When they do this, or when they submit the data directly to us outside of the Plant Physiology method, we attribute those GO annotations to the person who submitted them. So their name does appear on the TAIR record that shows the annotation. So they do get some exposure as a result, some recognition that they did send this data into TAIR.
Whereas if a curator curates the paper as part of our normal curation process, that record gets attributed to the curator, not the author of the paper.
If this went live a month ago, it’s probably too early to tell what sort of response you’re seeing.
It is too early to tell, but I’m pretty optimistic. There’s no real enforcement mechanism, but because of the way it’s done, I expect high compliance, because it’s being made part of the submission process. But that remains to be seen. It’s still a big question.
If we get a high compliance rate, it’s going to be a huge amount of data, so I’m pretty excited.
Are other model organism databases considering taking this approach?
There are. We’ve been getting inquiries from other databases, including the tomato database, SGN [Solanaceae Genomics Network]. They’re interested in following in our footsteps. And we’ve also begun discussing with the GO Consortium whether they could put resources toward making a general web submission form that any journal could adopt, because the format that we’re taking is not at all organism-specific. We’re asking for names of genes, and gene function, and experimental methods, and then it gets attached to the PubMed ID, or the reference ID. So this could be applied to any organism and any model organism database. It really could be a very general thing. So I think the GO Consortium is considering whether they can get involved in this, and take the work off the shoulders of the journals and make some sort of web interface that any of them could adopt and display on their website.
I think there’s great potential for a little more general mechanism.
So you guys are really the guinea pigs for this model.
We are, yes. But we’re happy to be in that situation.
Do you have any specific goals or outcomes from this project that you’d like to see over the next six months to a year?
Well, we’d like to see a high compliance rate, and if we do have great success then we’ll be working internally on ways to streamline the checking. Initially we’re going to be doing some checking of the data to make sure that the quality is what we would expect, and we may even contact the submitters if more information is needed.
I think we can refine this process both on the external side by providing more explicit instructions on the journal website if needed to help us get the best quality data, and also on our side to streamline the process of checking and loading the data.
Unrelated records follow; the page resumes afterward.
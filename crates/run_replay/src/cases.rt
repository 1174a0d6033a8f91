// One recorded case: its block, run, and the run's trace or refusal, compared.

use crate::words;
use fields::part::{head, part};
use pcode::block::Limits;
use pcode::refusal::Refusal;
use run::outcome::Stop;
use run::run::run;
use text::answer::Read;

// Whether a text is the refusal.
fn is_refusal(want: &[u8], why: Refusal) -> bool {
    let line = head(want, b'\n');
    words::number(part(line, b'\t', 1)) == u64::from(why.number())
        && words::number(part(line, b'\t', 2)) == why.place() as u64
}

// The run of a block that was read.
fn ran(
    r: Read,
    start: &[u8],
    answers: &[u64],
    want: &[u8],
    trace: &mut [u64],
    row: &mut [u64],
) -> bool {
    let named = vars::named(r.block.held(), Limits::SECOND.vars);
    let state = words::start(start, &named.vars);
    match run(&r.block, r.marks, state, answers, trace) {
        Ok(_) => trace.starts_with(words::events(want, row)),
        Err(Stop::Refused(why)) => is_refusal(want, why),
        Err(Stop::NoRoom) => false,
    }
}

// Whether a block's run is as recorded.
pub fn agrees(
    input: &[u8],
    start: &[u8],
    answers: &[u8],
    want: &[u8],
    list: &mut [u64],
    trace: &mut [u64],
    row: &mut [u64],
) -> bool {
    match text::read::read(input, 129) {
        Ok(r) => ran(r, start, words::answers(answers, list), want, trace, row),
        Err(why) => is_refusal(want, why),
    }
}
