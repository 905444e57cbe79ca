//! Why a reader found nothing.

/// Why a get, a hold, a peek or a `contains` found nothing.
#[derive(Clone, Copy, Debug, PartialEq, Eq)]
pub enum Miss {
    /// There was no item of the key. Of each lane of the index this is true: at a moment between the last one that the
    /// reader had seen before and the end of the call the index didn't lead to it from the key's hash; or there stood a life
    /// in it that was held then, and has another key.
    Absent,

    /// The key's item was there, and had expired: it was held, and given back.
    Expired,

    /// It gave up: a thousand searches ended at lives that had ended meanwhile, or whose chunk couldn't be held. A reader
    /// that always found something tells this, too.
    Unknown,
}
We do get a lot of data and we’ll be working on ways to load it more efficiently. I would expect to see that in the next few months.
I suppose you’ll have to find a way to strike a balance in terms of providing enough information so that submitters provide the right type of data, but not so much that it scares them off.
Exactly. We’ve always gone way on the side of simplicity, and not asking for too much, because it is such a problem. People are very busy and they often don’t see submission of data to the database as a priority. And we understand that there are a lot of things for a researcher to do, and we wouldn’t be surprised to hear that this isn’t at the top of their list. So we do try very hard to keep our methods simple.
If you compare the procedure for submitting a record to GenBank or a microarray experiment to one of the repositories, there are pages and pages of submission information. Here we’re just asking for one simple spreadsheet with a very small number of columns, and we actually do the translating of whatever they enter as the gene function into the GO term. We don’t ask them to enter the exact GO term.